Trade deadline : les Celtics choisissent de ne rien faire

Tandis que Miami faisait venir Andre Iguodala et Jae Crowder, tandis que Philadelphia récupérait Alec Burks et Glenn Robinson III, les Celtics décidaient de leur côté de prendre un risque.

Celui de ne rien faire.

L’équipe, troisième de la Conférence Est au moment où le marché des transferts se clôturait pour cette saison, a choisi d’emprunter la voie des deux équipes devant elle (Milwaukee et Toronto) et de ne pas modifier son effectif.

Selon des sources au sein de la ligue, les Celtics ont initié des discussions concernant un certain nombre de joueur, mais n’étaient pas prêts à raquer suffisamment pour Burks (alors à Golden State), Davis Bertans de Washington ou même Christian Wood de Detroit. Les Warriors, pour qui la taxe est un problème, n’étaient apparemment pas enclins à prendre du salaire en retour, tandis que les Wizards ne montraient aucune envie de céder Bertans, qui sera libre cet été.

L’équipe, n’ayant pas pu trouver un transfert leur convenant pour ajouter un shooteur expérimenté à l’effectif, s’est alors concentrée sur la possibilité d’acquérir un pivot ou un ailier fort afin d’augmenter la profondeur de leur rotation sur ces postes.

Le Boston Herald a demandé à Danny Ainge si le fait de ne pas être parvenu à atteindre ses objectifs constituait un risque pour l’équipe.

« Je ne crois pas, non. Je ne vois pas les choses comme ça du tout. Je pense que quand on fait un transfert, on tente toujours sa chance, et quand on n’en fait pas, on prend aussi le risque de faire l’impasse sur une opportunité qui aurait peut-être été bénéfique pour l’équipe. Mais ça n’a pas été un grand dilemme, nous étions tous d’accord sur nos limites et sur les moments où renchérir. Il n’y a pas vraiment eu de choix cornéliens à faire. Rien n’a été si proche de se matérialiser au point que nous nous serions mis à espérer, croire à un transfert qui révolutionnerait l’équipe. »

Un autre son de cloche résonnait cependant chez deux membres d’autres équipes dirigeantes, un refrain connu qui raconte que Ainge surévaluait ses assets. Un autre a cependant confié au Boston Herald :

« Je pense que les équipes de l’Est qui ont bougé en ressentaient le besoin. Miami voulait se débarrasser de certains joueurs et avaient besoin d’un vétéran comme Iguodala. Philadelphie devait ajouter du shoot et, vraiment, juste secouer les choses un peu. Boston reste dans une bonne situation. »

Pour Ainge, en tout cas, voir le Heat et les Sixers actifs n’est pas source d’inquiétude.

« Parce que je ne crois pas que ça change grand-chose.
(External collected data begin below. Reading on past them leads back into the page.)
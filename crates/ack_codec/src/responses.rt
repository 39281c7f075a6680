//! Responses.

use hd_base::{ByteList, Status};
use std::alloc::AllocError;

/// The answer to a request (HDFS `BlockOpResponseProto`). An empty text stands for one that isn't
/// there.
#[derive(Debug, Drop, PartialEq, Eq)]
pub struct Response {
    /// How the request was taken.
    pub status: Status,
    /// The address of the first member that could not be reached, `IP:PORT`.
    pub first_bad: ByteList,
    /// The sums of a read's answer: their kind (HDFS `ChecksumTypeProto`), how many bytes a chunk
    /// has, and where in the block they begin, in bytes.
    pub sums_from: Option<(u32, u32, u64)>,
    /// Why the request was refused.
    pub message: ByteList,
}

impl Response {
    ghost use Rattle.std.specs.Prelude.{◌≡◌, IfOk};

    /// The same response once more.
    pub fn duplicate(&self) -> Result<Response, AllocError>
        ensures { IfOk result (λ copy. copy ≡ self.now) }
    {
        Ok(Response {
            status: self.status,
            first_bad: self.first_bad.duplicate()?,
            sums_from: self.sums_from,
            message: self.message.duplicate()?,
        })
    }
}
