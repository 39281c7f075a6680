//! The replies of an ack.

ghost use Rattle.std.specs.Prelude.{◌≡◌, ◌==◌, ◌≤◌, ◌^◌, ◌<◌, ◌↔◌, [], ◌∷◌, ◌++◌, length, IsSome, IfSome, map, take};
ghost use Rattle.std.proofs.Common.{rules};
ghost use Rattle.std.specs.Iterator.Runs.{EveryRun, ItemsMapTo};
ghost use Rattle.std.specs.Slice.Iter.{iter_rest, iter_steps};
ghost use Rattle.hd_base.specs.declared.states.Status.{Status};
ghost use Rattle.std.specs.Cmp.Lexicographic.{pointwise};
ghost use Rattle.std.specs.Cmp.Rules.{comparing};
ghost use Rattle.std.specs.Ordering.{on};
ghost use Rattle.ack_codec.specs.Replies.{status_code};

use hd_base::Status;
use std::alloc::AllocError;
use std::fmt::{Debug, Formatter, Write};
use std::marker::Model;
use std::{fmt, slice};

/// The most replies that an ack has.
pub const MAX_REPLIES: usize = 16;

/// At most 16 statuses, seen as their list: the replies of a pipeline's members, the nearest
/// first. Takes no memory.
#[derive(Drop)]
pub struct Replies {
    statuses: [Status; MAX_REPLIES],
    count: usize,
}

impl Model for Replies {
    ghost use Rattle.std.specs.Prelude.{◌≤◌, List, take};
    ghost use Rattle.hd_base.specs.declared.states.Status.{Status};

    ghost Value = { List Status };

    ghost view = { λ r. take r.count r.statuses };

    ghost invariant = { λ r. r.count ≤ 16 };
}

impl Replies {
    /// These replies, `None` exactly where there are over 16.
    pub fn new(statuses: &[Status]) -> Option<Replies>
        ensures made { IsSome result ↔ (length statuses.now ≤ MAX_REPLIES) }
        ensures value { IfSome result (λ replies. replies ≡ statuses.now) }
    {
        if statuses.len() > MAX_REPLIES {
            return None;
        }
        let mut kept = [Status::Success; MAX_REPLIES];
        kept[..statuses.len()].copy_from_slice(statuses);
        Some(Replies {
            statuses: kept,
            count: statuses.len(),
        })
    }

    /// No reply.
    pub fn empty() -> Replies
        ensures { result ≡ [] }
    {
        Replies {
            statuses: [Status::Success; MAX_REPLIES],
            count: 0,
        }
    }

    /// One reply more, behind the others, of which there are fewer than 16 (`len` tells).
    pub fn push(&mut self, status: Status)
        requires { length self.old < MAX_REPLIES }
        ensures { self.new ≡ self.old ++ status ∷ [] }
    {
        self.statuses[self.count] = status;
        self.count += 1;
    }

    /// The replies in order.
    pub fn as_slice(&self) -> &[Status]
        ensures value { result.now ≡ self.now }
        ensures within_limit { length result.now ≤ MAX_REPLIES }
    {
        &self.statuses[..self.count]
    }

    /// How many replies there are, at most 16.
    pub fn len(&self) -> usize
        ensures value { result ≡ length self.now }
        ensures within_limit { result ≤ MAX_REPLIES }
    {
        self.as_slice().len()
    }

    /// Whether there is no reply.
    pub fn is_empty(&self) -> bool
        ensures { result ≡ (length self.now == 0) }
    {
        self.as_slice().is_empty()
    }

    /// The same replies once more.
    pub fn duplicate(&self) -> Replies
        ensures { result ≡ self.now }
    {
        Replies {
            statuses: self.statuses,
            count: self.count,
        }
    }
}

impl Clone for Replies {
    ghost is_clone = { λ replies copy. copy ≡ replies };

    ghost is_infallible = { λ _. Unit {0} };

    fn clone(&self) -> Result<Replies, AllocError> {
        Ok(self.duplicate())
    }
}

impl<'a> IntoIterator for &'a Replies {
    type Item = &'a Status;

    type IntoIter = slice::Iter<'a, Status>;

    ghost into_iter_gives = { λ r it. (iter_rest it ≡ r.now) × (length (iter_rest it) < 2 ^ 64)
        × EveryRun (iter_steps {A = Status}) (λ p. ItemsMapTo p (λ x. x.now) (iter_rest p.from)) };

    fn into_iter(self) -> slice::Iter<'a, Status> {
        self.as_slice().iter()
    }
}

impl PartialEq for Replies {
    ghost eq = { on (map status_code) (pointwise ◌==◌) };

    ghost laws = { Prim.search (comparing, rules) };

    fn eq(&self, other: &Replies) -> bool {
        let (own, others) = (self.as_slice(), other.as_slice());
        codes(own)[..own.len()] == codes(others)[..others.len()]
    }
}

impl Eq for Replies {
    ghost laws = { Prim.search (comparing, rules) };
}

impl Debug for Replies {
    fn fmt<W: Write>(&self, f: &mut Formatter<W>) -> fmt::Result {
        Debug::fmt(&self.as_slice(), f)
    }
}

/// A number for each status, by which replies are compared.
fn code(status: Status) -> u64
    ensures { result ≡ status_code status }
{
    match status {
        Status::Other(number) => u64::from(number) + 8,
        _ => u64::from(status.number()),
    }
}

/// The numbers of these statuses, and zeros behind them.
fn codes(statuses: &[Status]) -> [u64; MAX_REPLIES]
    requires { length statuses.now ≤ MAX_REPLIES }
    ensures { take (length statuses.now) result ≡ map status_code statuses.now }
{
    let mut codes = [0; MAX_REPLIES];
    for (i, status) in statuses.iter().enumerate() {
        codes[i] = code(*status);
    }
    codes
}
Je voyais déjà Miami très bons. Je pense qu’ils l’étaient avant, et dans quelle mesure le sont-ils encore plus ? Qui sait ? On est dans la période où beaucoup de discussions portent sur qui a fait quoi pour améliorer son équipe. Ça génère beaucoup de grands moments de télé, de radio, de discussions sur Twitter, et cætera, mais au final la seule vérité reste celle du parquet, donc seul le temps nous apportera des réponses. »

Il poursuit :

« Nous avons discuté avec énormément d’équipes, toutes en fait. Mais rien ne nous a semblé permettre d’améliorer l’équipe à court comme à long terme, et vous savez, il faut toujours pondérer ces deux choses-là. Notre équipe nous plaît telle quelle. Nous apprécions nos role players, nos stars, nous apprécions comment ces deux groupes s’imbriquent. Je ne dis pas que c’est parfait, mais je ne crois pas qu’une équipe parfaite existe. À l’instant t, nous sommes dans les cinq meilleures attaques et les cinq meilleures défenses, et nous n’avons même pas pu faire jouer tant que ça nos starters ensemble. »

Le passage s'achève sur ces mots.